Extract, from the records beneath this instruction, each line that contains the word "Outcome".

DATA FOR THIS TASK START

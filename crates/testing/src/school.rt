//! A small school, which several plays begin with.

/// A supervisor of quota 5 with projects P and Q of quota 1 and Z of quota 0, and students A, B and C.
#[rattlefmt::skip]
pub const SCHOOL: &str =
    r#"PUT /supervisors/L | {"name":"Lee","quota":5}                    | 200 OK | {"ok":true}
       PUT /projects/P    | {"name":"Pumps","quota":1,"supervisor":"L"} | 200 OK | {"ok":true}
       PUT /projects/Q    | {"name":"Quays","quota":1,"supervisor":"L"} | 200 OK | {"ok":true}
       PUT /projects/Z    | {"name":"Zinc","quota":0,"supervisor":"L"}  | 200 OK | {"ok":true}
       PUT /students/A    | {"name":"Ann"}                              | 200 OK | {"ok":true}
       PUT /students/B    | {"name":"Bob"}                              | 200 OK | {"ok":true}
       PUT /students/C    | {"name":"Cy"}                               | 200 OK | {"ok":true}"#;

/// A round is open, in which A lists P and Q, and C lists Z and P.
#[rattlefmt::skip]
pub const LISTED: &str =
    r#"POST /rounds | | 200 OK | {"round":1}
       PUT /lists/A | {"choices":["P","Q"]} | 200 OK | {"ok":true}
       PUT /lists/C | {"choices":["Z","P"]} | 200 OK | {"ok":true}"#;

/// The tables of the first edition, as they were made then, in which rounds had no aim: the round is closed, and another is open, in which
/// B lists Z. B came by an import.
#[rattlefmt::skip]
pub const FIRST_EDITION: &str =
    "CREATE TABLE edition (id INTEGER NOT NULL PRIMARY KEY CHECK (id = 1), number INTEGER NOT NULL) STRICT;
     CREATE TABLE supervisor (code TEXT NOT NULL PRIMARY KEY, label TEXT NOT NULL, quota INTEGER NOT NULL CHECK (quota BETWEEN 0 AND 500)) STRICT;
     CREATE TABLE project (code TEXT NOT NULL PRIMARY KEY, label TEXT NOT NULL, supervisor TEXT NOT NULL REFERENCES supervisor (code), quota INTEGER NOT NULL CHECK (quota BETWEEN 0 AND 500)) STRICT;
     CREATE TABLE student (code TEXT NOT NULL PRIMARY KEY, label TEXT NOT NULL) STRICT;
     CREATE TABLE round (number INTEGER NOT NULL PRIMARY KEY, open INTEGER NOT NULL CHECK (open IN (0, 1))) STRICT;
     CREATE TABLE choice (round INTEGER NOT NULL REFERENCES round (number), student TEXT NOT NULL REFERENCES student (code), place INTEGER NOT NULL CHECK (place BETWEEN 1 AND 8), project TEXT NOT NULL REFERENCES project (code), PRIMARY KEY (round, student, place), UNIQUE (round, student, project)) STRICT;
     CREATE TABLE placement (student TEXT NOT NULL PRIMARY KEY REFERENCES student (code), round INTEGER NOT NULL REFERENCES round (number), project TEXT NOT NULL REFERENCES project (code), rank INTEGER NOT NULL CHECK (rank BETWEEN 1 AND 8)) STRICT;
     CREATE TABLE import (id TEXT NOT NULL PRIMARY KEY, kind TEXT NOT NULL CHECK (kind IN ('supervisors', 'projects', 'students', 'lists')), bytes BLOB NOT NULL, rows INTEGER NOT NULL) STRICT;
     INSERT INTO edition VALUES (1, 1);
     INSERT INTO supervisor VALUES ('L', 'Lee', 5);
     INSERT INTO project VALUES ('P', 'Pumps', 'L', 1), ('Q', 'Quays', 'L', 1), ('Z', 'Zinc', 'L', 0);
     INSERT INTO student VALUES ('A', 'Ann'), ('B', 'Bob'), ('C', 'Cy');
     INSERT INTO round VALUES (1, 0), (2, 1);
     INSERT INTO choice VALUES (1, 'A', 1, 'P'), (1, 'A', 2, 'Q'), (1, 'C', 1, 'Z'), (1, 'C', 2, 'P'), (2, 'B', 1, 'Z');
     INSERT INTO placement VALUES ('A', 1, 'Q', 2), ('C', 1, 'P', 2);
     INSERT INTO import VALUES ('I1', 'students', x'422C426F62', 1);";

/// What makes them tables of the second edition, in which each round has an aim: the open one is generous.
#[rattlefmt::skip]
pub const SECOND_EDITION: &str =
    "CREATE TABLE round_aim (round INTEGER NOT NULL PRIMARY KEY REFERENCES round (number), generous INTEGER NOT NULL CHECK (generous IN (0, 1))) STRICT;
     INSERT INTO round_aim SELECT number, open FROM round;
     UPDATE edition SET number = 2;";
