//! What a database keeps: the texts of its schema, and the rows of its tables.

use sqlite::{Alter, Connection, Error};
use std::alloc::{AllocError, Global};

/// The texts of the schema, and then the rows of each table in the order of their keys, each as one text. Texts of rows stand by
/// their bytes, since not all need be UTF-8.
#[rattlefmt::skip]
static QUERIES: [&str; 13] = [
    "SELECT group_concat(sql) FROM sqlite_schema",
    "SELECT group_concat(a) FROM other",
    "SELECT group_concat(id || ':' || number) FROM edition",
    "SELECT group_concat(it) FROM (SELECT hex(code) || ':' || hex(label) || ':' || quota AS it FROM supervisor ORDER BY code)",
    "SELECT group_concat(it) FROM (SELECT hex(code) || ':' || hex(label) || ':' || hex(supervisor) || ':' || quota AS it FROM project ORDER BY code)",
    "SELECT group_concat(it) FROM (SELECT hex(code) || ':' || hex(label) AS it FROM student ORDER BY code)",
    "SELECT group_concat(it) FROM (SELECT number || ':' || open AS it FROM round ORDER BY number)",
    "SELECT group_concat(it) FROM (SELECT round || ':' || hex(student) || ':' || place || ':' || hex(project) AS it FROM choice ORDER BY round, student, place)",
    "SELECT group_concat(it) FROM (SELECT hex(student) || ':' || round || ':' || hex(project) || ':' || rank AS it FROM placement ORDER BY student)",
    "SELECT group_concat(it) FROM (SELECT hex(id) || ':' || hex(kind) || ':' || hex(bytes) || ':' || rows AS it FROM import ORDER BY id)",
    "SELECT group_concat(it) FROM (SELECT round || ':' || generous AS it FROM round_aim ORDER BY round)",
    "SELECT group_concat(it) FROM (SELECT round || ':' || hex(student) || ':' || place || ':' || hex(project) AS it FROM choice12 ORDER BY round, student, place)",
    "SELECT group_concat(it) FROM (SELECT hex(student) || ':' || round || ':' || hex(project) || ':' || rank AS it FROM placement12 ORDER BY student)",
];

/// Returns the text that a query answers, where it answers one.
fn told<S: Alter>(conn: &mut Connection<S>, sql: &str) -> Result<Option<String>, Error> {
    conn.query_row(sql, &[])?.get(0)
}

/// Returns what a database stores. Of a table that is not there nothing is written, and of one without rows an empty line.
pub fn kept_by<S: Alter>(alloc: Global, conn: &mut Connection<S>) -> Result<String, AllocError> {
    let mut all = String::new(alloc);
    for sql in QUERIES.as_slice() {
        if let Ok(text) = told(conn, sql) {
            if let Some(text) = text {
                all.push_str(&text)?;
            }
            all.push_str("\n")?;
        }
    }
    Ok(all)
}

/// Whether a database keeps this.
pub fn keeps<S: Alter>(
    alloc: Global,
    conn: &mut Connection<S>,
    want: &str,
) -> Result<bool, AllocError> {
    Ok(kept_by(alloc, conn)?.as_str() == want)
}
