//! Requests that are played at a desk, byte for byte.
//!
//! A line has four cells: the method and the path of a request, its body, and the status and the body of the answer.

use crate::cells::{body_of, first_cell};
use crate::pieces::{Narrow, Pieces};
use desk::Desk;
use sqlite::Alter;
use std::alloc::{AllocError, Global};
use std::io;
use std::test::Fail;
use web::{End, Served, StreamFault, Watched, serve_stream};

/// Whether a line is a row: not empty, and no remark, which begins with `#`.
pub(crate) fn is_row(line: &str) -> bool {
    let line = line.trim();
    !line.is_empty() && !line.starts_with('#')
}

/// Plays each line. How many there are.
pub fn play_lines<S: Alter>(alloc: Global, desk: &mut Desk<S>, lines: &str) -> Result<u32, Fail> {
    let mut count: u32 = 0;
    for line in lines.lines() {
        if is_row(line) {
            play_line(alloc, desk, line)?;
            count = count.saturating_add(1);
        }
    }
    Ok(count)
}

/// Returns the lines for one number.
pub fn numbered(alloc: Global, lines: &str, n: u32) -> Result<String, AllocError> {
    let after = format!(in alloc; "{}", n.saturating_add(1))?;
    let number = format!(in alloc; "{n}")?;
    lines
        .replace(alloc, "&", &after)?
        .replace(alloc, "$", &number)
}

/// Returns the line with its copies of each piece.
pub fn filled(alloc: Global, copies: u32, pieces: &str, line: &str) -> Result<String, AllocError> {
    let mut all = String::new(alloc);
    for piece in pieces.split('/') {
        for n in 0..copies {
            all.push_str(&numbered(alloc, piece, n.saturating_add(1000))?)?;
        }
    }
    line.replace(alloc, "$", &all)
}

/// Returns a message or an answer, with this head and the body of this cell.
fn framed(alloc: Global, head: &str, cell: &str) -> Result<Vec<u8>, AllocError> {
    let body = body_of(alloc, cell)?;
    let len = body.len();
    let head = format!(in alloc; "{head}\r\nContent-Length: {len}\r\n\r\n")?;
    let mut bytes = Vec::from_slice(alloc, head.as_bytes())?;
    bytes.extend_from_slice(&body)?;
    Ok(bytes)
}

/// Returns the message that asks this with a body.
fn message(alloc: Global, asked: &str, body: &str) -> Result<Vec<u8>, AllocError> {
    framed(alloc, &format!(in alloc; "{asked} HTTP/1.1")?, body)
}

/// Returns the message of a line; after `raw` it stands as it is sent.
fn message_of(alloc: Global, line: &str) -> Result<Vec<u8>, AllocError> {
    let (asked, rest) = first_cell(line);
    let (body, _answer) = first_cell(rest);
    match asked.strip_prefix("raw ") {
        Some(sent) => body_of(alloc, sent),
        None => message(alloc, asked, body),
    }
}

/// Returns the messages of lines, one after another.
pub fn messages_of(alloc: Global, lines: &str) -> Result<Vec<u8>, AllocError> {
    let mut bytes = Vec::new(alloc);
    for line in lines.lines() {
        bytes.extend_from_slice(&message_of(alloc, line)?)?;
    }
    Ok(bytes)
}

/// Returns the answer of a line, whose body is JSON where it begins with a brace, and else a text; without a status there is none.
pub fn answer_of(alloc: Global, line: &str) -> Result<Vec<u8>, AllocError> {
    let (_asked, rest) = first_cell(line);
    let (_body, rest) = first_cell(rest);
    let (status, told) = first_cell(rest);
    let told = told.trim();
    let kind = if told.starts_with('{') {
        "application/json"
    } else {
        "text/plain; charset=utf-8"
    };
    if status.is_empty() {
        return Ok(Vec::new(alloc));
    }
    let head = format!(in alloc; "HTTP/1.1 {status}\r\nContent-Type: {kind}")?;
    framed(alloc, &head, told)
}

/// Returns the fault that a row got something else than it wants.
pub fn otherwise(row: &str, got: &[u8]) -> Fail {
    let got = str::from_utf8(got).unwrap_or("bytes that are no text");
    Fail::new(format_args!("{row:.200}\n    got {got:.250}"))
}

/// Plays a line.
fn play_line<S: Alter>(alloc: Global, desk: &mut Desk<S>, line: &str) -> Result<(), Fail> {
    let message = message_of(alloc, line)?;
    let want = answer_of(alloc, line)?;
    compare(alloc, desk, (&message, &want), line)
}

/// Returns what is written when the message of a line is served.
pub fn asked<S: Alter>(
    alloc: Global,
    desk: &mut Desk<S>,
    line: &str,
) -> Result<Vec<u8>, AllocError> {
    let message = message_of(alloc, line)?;
    Ok(served_alone(alloc, desk, &message).written)
}

/// Compares what the message is answered, after which the stream is closed.
fn compare<S: Alter>(
    alloc: Global,
    desk: &mut Desk<S>,
    (message, want): (&[u8], &[u8]),
    row: &str,
) -> Result<(), Fail> {
    let end = End::Closed;
    let got = served_alone(alloc, desk, message);
    if got.written.as_slice() == want && got.result == Ok(Served { answered: 1, end }) {
        return Ok(());
    }
    Err(otherwise(row, &got.written))
}

/// Compares what a read is answered with what it is answered when it is asked again.
pub(crate) fn play_twice<S: Alter>(
    alloc: Global,
    desk: &mut Desk<S>,
    asked: &str,
) -> Result<u32, Fail> {
    let message = message(alloc, asked, "")?;
    let first = served_alone(alloc, desk, &message).written;
    if !first.starts_with(b"HTTP/1.1 200 OK\r\n") {
        return Err(otherwise(asked, &first));
    }
    compare(alloc, desk, (&message, &first), asked)?;
    Ok(1)
}

/// Returns all the bytes, a thousand at a time.
pub fn whole(bytes: &[u8]) -> Pieces<'_> {
    Pieces::new(bytes, (1000, 1000), None)
}

/// What came of a stream.
#[derive(Drop)]
pub struct Outcome {
    pub written: Vec<u8>,
    pub result: Result<Served, StreamFault>,
    pub failed_reads: u64,
    pub failed_writes: u64,
    /// How many calls came after a reader or a writer had failed or ended.
    pub late: u32,
}

/// Serves what the reader gives, to a writer with so much room that keeps what it takes here.
pub fn served<S: Alter>(
    alloc: Global,
    desk: &mut Desk<S>,
    reader: Pieces,
    taken: Vec<u8>,
    (room, fault): (usize, Option<io::ErrorKind>),
) -> Outcome {
    let mut reader = Watched::new(reader);
    let mut writer = Watched::new(Narrow::new(taken, room, fault));
    let result = serve_stream(alloc, desk, &mut reader, &mut writer);
    let failed_reads = reader.failures();
    let failed_writes = writer.failures();
    let Pieces { late: read, .. } = reader.into_inner();
    let Narrow { taken, late, .. } = writer.into_inner();
    Outcome {
        written: taken,
        result,
        failed_reads,
        failed_writes,
        late: read.saturating_add(late),
    }
}

/// Does the same with a message that comes alone, where there is room for what is written.
fn served_alone<S: Alter>(alloc: Global, desk: &mut Desk<S>, message: &[u8]) -> Outcome {
    let taken = Vec::new(alloc);
    served(alloc, desk, whole(message), taken, (200_000, None))
}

DATA FOR THIS TASK END

RESULT OF THIS TASK:
pub struct Outcome {
) -> Outcome {
    Outcome {
fn served_alone<S: Alter>(alloc: Global, desk: &mut Desk<S>, message: &[u8]) -> Outcome {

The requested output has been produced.